Division of Infectious Diseases, Children’s Hospital Boston, Boston, Massachusetts, USA..
J Clin Microbiol. 2011 Mar;49(3):955-9. doi: 10.1128/JCM.02119-10. Epub 2010 Dec 22.
Shiga toxin-producing Escherichia coli (STEC), a cause of food-borne colitis and hemolytic-uremic syndrome in children, can be serotype O157:H7 (O157) or other serotypes (non-O157). E. coli O157 can be detected by culture with sorbitol-MacConkey agar (SMAC), but non-O157 STEC cannot be detected with this medium. Both O157 and non-O157 STEC can be detected by immunoassay for Shiga toxins 1 and 2. The objectives of this study were first to compare the diagnostic utility of SMAC to that of the Premier EHEC enzyme immunoassay (Meridian Diagnostics) for detection of STEC in children and second to compare the clinical and laboratory characteristics of children with serotype O157:H7 STEC and non-O157:H7 STEC infections. Stool samples submitted for testing for STEC between April 2004 and September 2009 were tested by both SMAC culture and the Premier EHEC assay at Children's Hospital Boston. Samples positive by either test were sent for confirmatory testing and serotyping at the Hinton State Laboratory Institute (HSLI). Chart review was performed on children with confirmed STEC infection. Of 5,110 children tested for STEC, 50 (0.9%) had STEC infection confirmed by culture; 33 were O157:H7 and 17 were non-O157:H7. The Premier EHEC assay and SMAC culture detected 96.0% and 58.0% of culture-confirmed STEC isolates (any serotype), respectively, and 93.9% and 87.9% of STEC O157:H7 isolates, respectively. There were no significant differences in disease severity or laboratory manifestations of STEC infection between children with O157:H7 and those with non-O157 STEC. The Premier EHEC assay was significantly more sensitive than SMAC culture for diagnosis of STEC, and O157:H7 and non-O157:H7 STEC caused infections of similar severity in children.
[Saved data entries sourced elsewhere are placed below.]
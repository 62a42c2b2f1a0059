//! Stations with ports on cables that they don't own: the frames that they hear, and what they put.

use crate::frames::on_cable;
use crate::outputs::put_packet;
use at_base::{Error, Hw};
use cabled::{Cabled, Carried, Put, Puts};
use case_words::{Answer, Stop, Words, put_hw};
use ethertalk::Frame;
use station::Kind;
use std::alloc::{AllocError, Global};

/// Appends the line of a packet that is put.
fn put_line(text: &mut String, put: &Put) -> Result<(), AllocError> {
    write!(text, "put port {} to ", put.port)?;
    put_hw(text, put.to)?;
    match &put.carried {
        Carried::Datagram(bytes) => put_packet(text, Kind::Ddp, bytes.as_slice()),
        Carried::Written(bytes) => put_packet(text, Kind::Aarp, bytes.as_slice()),
        Carried::Packet(packet) => put_packet(text, Kind::Aarp, &packet.write()),
    }
}

/// Appends the lines of packets that are put, each after the number of the tick, if one is given.
fn put_lines(text: &mut String, number: Option<u32>, puts: &Puts) -> Result<(), AllocError> {
    for put in puts.as_slice() {
        if let Some(number) = number {
            write!(text, "tick {number} ")?;
        }
        put_line(text, put)?;
    }
    Ok(())
}

/// Lets a station hear a frame, as `port 0 020000000009 to 020000000001` and then what it carries.
/// Appends what it puts.
pub(crate) fn hear<C: Cabled>(
    alloc: Global,
    station: &mut C,
    first: &[u8],
    mut words: Words<'_>,
    text: &mut String,
) -> Answer {
    let port = words.named("port")?;
    let from: Hw = words.hw()?;
    words.expect("to")?;
    let to = words.hw()?;
    let (kind, bytes) = on_cable(alloc, first, words)?;
    let frame = Frame {
        to,
        from,
        kind,
        packet: bytes.as_slice(),
    };
    let mut puts = Puts::new(alloc);
    station.receive(port, &frame, &mut puts)?;
    put_lines(text, None, &puts)?;
    Ok(())
}

/// Advances a station by a tick, with another attempt if an allocation failed.
fn tick<C: Cabled>(station: &mut C, puts: &mut Puts) -> Result<(), Error> {
    match station.advance(puts) {
        Err(Error::Memory) => station.advance(puts),
        answer => answer,
    }
}

/// Advances a station by a tick, and appends what it puts. Returns how many packets that are.
pub(crate) fn let_pass<C: Cabled>(
    alloc: Global,
    station: &mut C,
    number: Option<u32>,
    text: &mut String,
) -> Result<usize, Stop> {
    let mut puts = Puts::new(alloc);
    tick(station, &mut puts)?;
    put_lines(text, number, &puts)?;
    Ok(puts.as_slice().len())
}
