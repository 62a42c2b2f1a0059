//! The calls of any station: frames and ticks.

use crate::frames::Frame;
use crate::outputs::put_outputs;
use at_base::Error;
use case_words::{Answer, Stop};
use station::{Outputs, Station};
use std::alloc::Global;

/// Lets a station receive a frame, and appends its outputs.
pub(crate) fn hear<S: Station>(
    alloc: Global,
    station: &mut S,
    frame: &Frame,
    text: &mut String,
) -> Answer {
    let heard = frame.heard();
    if heard.port >= station.ports() {
        return Err(Stop::Unclear);
    }
    let mut outputs = Outputs::new(alloc)?;
    station.receive(&heard, &mut outputs)?;
    put_outputs(text, None, &outputs)?;
    Ok(())
}

/// Advances a station by a tick, with another attempt if an allocation failed.
fn tick<S: Station>(station: &mut S, outputs: &mut Outputs) -> Result<(), Error> {
    match station.tick(outputs) {
        Err(Error::Memory) => station.tick(outputs),
        answer => answer,
    }
}

/// Advances a station by a tick, and appends its outputs. Returns their number.
pub(crate) fn let_pass<S: Station>(
    alloc: Global,
    station: &mut S,
    number: Option<u32>,
    text: &mut String,
) -> Result<usize, Stop> {
    let mut outputs = Outputs::new(alloc)?;
    tick(station, &mut outputs)?;
    put_outputs(text, number, &outputs)?;
    Ok(outputs.len())
}
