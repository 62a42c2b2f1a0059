//! The seats of an internet's stations on its cables.

ghost use Rattle.std.specs.Prelude.{◌≡◌, ◌++◌, ◌==◌, ◌≤◌, ◌<◌, ◌+◌, length, map, position};
ghost use Rattle.std.specs.Prelude.{IfOk, IfSome, IsOkUnless, OnOk};
ghost use Rattle.std.specs.List.{AllByRecursion as Each};
ghost use Rattle.std.specs.Option.{unwrap_or};
ghost use Rattle.legal_runs.specs.Stations.{cable_seats};
ghost use Rattle.image_stations.specs.Seating.{node_seat, node_seats_from, router_seat, seats_from};
ghost use Rattle.at_base.specs.Limits.{max_ports};

use at_base::Error;
use cable_model::Seat;
use std::alloc::Global;
use table_image::{Image, Node, Port, Router};

/// The first of these ports that is on the cable.
fn port_on(ports: &[Port], cable: u8) -> Option<usize>
    ensures place { result ≡ position (λ p. p.cable == cable) ports.now }
    ensures inside { IfSome result (λ port. port < length ports.now) }
{
    ports.iter().position(|p| p.cable == cable)
}

/// The index of the first of these ports that is on the cable, and 0 if none is.
fn number_on(ports: &[Port], cable: u8) -> u8
    requires { length ports.now ≤ max_ports }
    ensures { result ≡ unwrap_or (position (λ p. p.cable == cable) ports.now) 0 }
{
    match port_on(ports, cable) {
        Some(port) => port as u8,
        None => 0,
    }
}

/// The seat of a router's port. `port` is one of `ports`.
fn seat_by(router: u16, ports: &[Port], port: &Port) -> Seat
    requires { length ports.now ≤ max_ports }
    ensures { result ≡ router_seat router ports.now port.now }
{
    Seat {
        cable: port.cable,
        station: router,
        port: number_on(ports, port.cable),
        hw: port.hardware,
        group: None,
    }
}

/// Appends the seats of some of a router's ports.
fn put_ports(seats: &mut Vec<Seat>, router: u16, ports: &[Port], some: &[Port]) -> Result<(), Error>
    requires { length ports.now ≤ max_ports }
    ensures put { OnOk result (seats.new.items
        ≡ seats.old.items ++ map (router_seat router ports.now) some.now) }
    ensures refused { IsOkUnless result Error.Memory }
{
    match some {
        [] => Ok(()),
        [port, rest @ ..] => {
            seats.push(seat_by(router, ports, port))?;
            put_ports(seats, router, ports, rest)
        }
    }
}

/// Appends the seats of routers whose stations are numbered from `from` on.
fn put_routers(seats: &mut Vec<Seat>, from: u16, routers: &[Router]) -> Result<(), Error>
    requires few { from + length routers.now ≤ 200 }
    requires ports { Each (λ router. length router.ports ≤ max_ports) routers.now }
    ensures put { OnOk result (seats.new.items ≡ seats.old.items ++ seats_from from routers.now) }
    ensures refused { IsOkUnless result Error.Memory }
{
    match routers {
        [] => Ok(()),
        [router, rest @ ..] => {
            let ports = router.ports.as_slice();
            put_ports(seats, from, ports, ports)?;
            put_routers(seats, from + 1, rest)
        }
    }
}

/// The seat of a node.
fn seat_of(station: u16, node: &Node) -> Seat
    ensures { result ≡ node_seat station node.now }
{
    Seat {
        cable: node.cable,
        station,
        port: 0,
        hw: node.hardware,
        group: Some(node.zone.group()),
    }
}

/// Appends the seats of nodes whose stations are numbered from `from` on.
fn put_nodes(seats: &mut Vec<Seat>, from: u16, nodes: &[Node]) -> Result<(), Error>
    requires few { from + length nodes.now ≤ 400 }
    ensures put { OnOk result (seats.new.items ≡ seats.old.items ++ node_seats_from from nodes.now) }
    ensures refused { IsOkUnless result Error.Memory }
{
    match nodes {
        [] => Ok(()),
        [node, rest @ ..] => {
            seats.push(seat_of(from, node))?;
            put_nodes(seats, from + 1, rest)
        }
    }
}

/// The seats of all stations of an internet, in order: of the routers, then of the nodes. Error:
/// `Memory`.
#[tactic(auto, using(crate::proofs::Seating::seats_are, crate::proofs::Seating::few_ports))]
pub fn seats_of(alloc: Global, image: &Image) -> Result<Vec<Seat>, Error>
    ensures ok { IfOk result (λ seats. seats.items ≡ cable_seats image.now) }
    ensures refused { IsOkUnless result Error.Memory }
{
    let mut seats = Vec::new(alloc);
    let routers = image.routers();
    put_routers(&mut seats, 0, routers)?;
    put_nodes(&mut seats, routers.len() as u16, image.nodes())?;
    Ok(seats)
}
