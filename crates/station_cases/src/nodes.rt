//! The calls of a node's users, for frozen and for live nodes.

ghost use Rattle.std.specs.Prelude.{◌≤◌};

use at_base::{Addr, Error, Text32};
use atp::Outcome;
use end_node::EndNode;
use live_node::LiveNode;
use station::Outputs;

/// The fields of a datagram to send.
#[derive(Clone, Copy)]
pub(crate) struct Sending {
    pub(crate) target: Addr,
    pub(crate) target_socket: u8,
    pub(crate) source_socket: u8,
    pub(crate) kind: u8,
    pub(crate) summed: bool,
}

/// The patterns of a lookup.
#[derive(Clone, Copy)]
pub(crate) struct Pattern {
    pub(crate) object: Text32,
    pub(crate) kind: Text32,
    pub(crate) zone: Text32,
}

/// A node as its users see it.
pub(crate) trait User: Drop {
    /// The node in its current state.
    fn held(&self) -> &EndNode;

    /// Sends a datagram.
    fn sends(&self, what: &Sending, payload: &[u8], outputs: &mut Outputs) -> Result<(), Error>;

    /// Sends a lookup for names.
    fn looks_up(&self, id: u8, name: &Pattern, outputs: &mut Outputs) -> Result<(), Error>;

    /// Registers a name for a socket.
    fn registers(&mut self, object: Text32, kind: Text32, socket: u8) -> Result<u8, Error>
        requires low { 1 ≤ socket }
        requires high { socket ≤ 254 };

    /// Sends a request for the zones from an index on.
    fn asks_for_zones(&mut self, start: u16, outputs: &mut Outputs) -> Result<u16, Error>;

    /// The outcome of a request for zones.
    fn zones_of(&mut self, id: u16) -> Result<Outcome, Error>;
}

impl User for EndNode {
    fn held(&self) -> &EndNode {
        self
    }

    fn sends(&self, what: &Sending, payload: &[u8], outputs: &mut Outputs) -> Result<(), Error> {
        let (target_socket, source_socket) = (what.target_socket, what.source_socket);
        self.send(
            what.target,
            target_socket,
            source_socket,
            what.kind,
            what.summed,
            payload,
            outputs,
        )
    }

    fn looks_up(&self, id: u8, name: &Pattern, outputs: &mut Outputs) -> Result<(), Error> {
        self.lookup(id, &name.object, &name.kind, &name.zone, outputs)
    }

    fn registers(&mut self, object: Text32, kind: Text32, socket: u8) -> Result<u8, Error> {
        self.register(object, kind, socket)
    }

    fn asks_for_zones(&mut self, start: u16, outputs: &mut Outputs) -> Result<u16, Error> {
        self.ask_zone_list(start, outputs)
    }

    fn zones_of(&mut self, id: u16) -> Result<Outcome, Error> {
        self.zone_list(id)
    }
}

impl User for LiveNode {
    fn held(&self) -> &EndNode {
        self.node()
    }

    fn sends(&self, what: &Sending, payload: &[u8], outputs: &mut Outputs) -> Result<(), Error> {
        let (target_socket, source_socket) = (what.target_socket, what.source_socket);
        self.send(
            what.target,
            target_socket,
            source_socket,
            what.kind,
            what.summed,
            payload,
            outputs,
        )
    }

    fn looks_up(&self, id: u8, name: &Pattern, outputs: &mut Outputs) -> Result<(), Error> {
        self.lookup(id, &name.object, &name.kind, &name.zone, outputs)
    }

    fn registers(&mut self, object: Text32, kind: Text32, socket: u8) -> Result<u8, Error> {
        self.register(object, kind, socket)
    }

    fn asks_for_zones(&mut self, start: u16, outputs: &mut Outputs) -> Result<u16, Error> {
        self.ask_zone_list(start, outputs)
    }

    fn zones_of(&mut self, id: u16) -> Result<Outcome, Error> {
        self.zone_list(id)
    }
}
产志贺毒素大肠杆菌(STEC)是儿童食源性结肠炎和溶血尿毒综合征的病原体,可分为血清型 O157:H7(O157)和其他血清型(非 O157)。可以通过在山梨醇麦康凯琼脂(SMAC)上培养来检测大肠杆菌 O157,但不能用这种培养基检测非 O157 STEC。O157 和非 O157 STEC 都可以通过免疫法检测志贺毒素 1 和 2 来检测。本研究的目的是首先比较 SMAC 与 Premier EHEC 酶免疫分析(Meridian Diagnostics)在检测儿童 STEC 中的诊断效果,其次比较 O157:H7 STEC 和非 O157:H7 STEC 感染患儿的临床和实验室特征。2004 年 4 月至 2009 年 9 月,波士顿儿童医院对提交的 STEC 检测样本进行了 SMAC 培养和 Premier EHEC 检测。两种检测方法均为阳性的样本被送往 Hinton 州立实验室研究所(HSLI)进行确认检测和血清分型。对确诊 STEC 感染的患儿进行了图表回顾。在 5110 名接受 STEC 检测的患儿中,有 50 名(0.9%)通过培养确认 STEC 感染;其中 33 名是 O157:H7,17 名是非 O157:H7。Premier EHEC 检测和 SMAC 培养分别检测到 96.0%和 58.0%的培养确认 STEC 分离株(任何血清型),以及分别为 93.9%和 87.9%的 O157:H7 STEC 分离株。O157:H7 和非 O157 STEC 感染患儿的疾病严重程度或 STEC 感染的实验室表现无显著差异。Premier EHEC 检测在诊断 STEC 方面明显优于 SMAC 培养,O157:H7 和非 O157:H7 STEC 在儿童中引起的感染严重程度相似。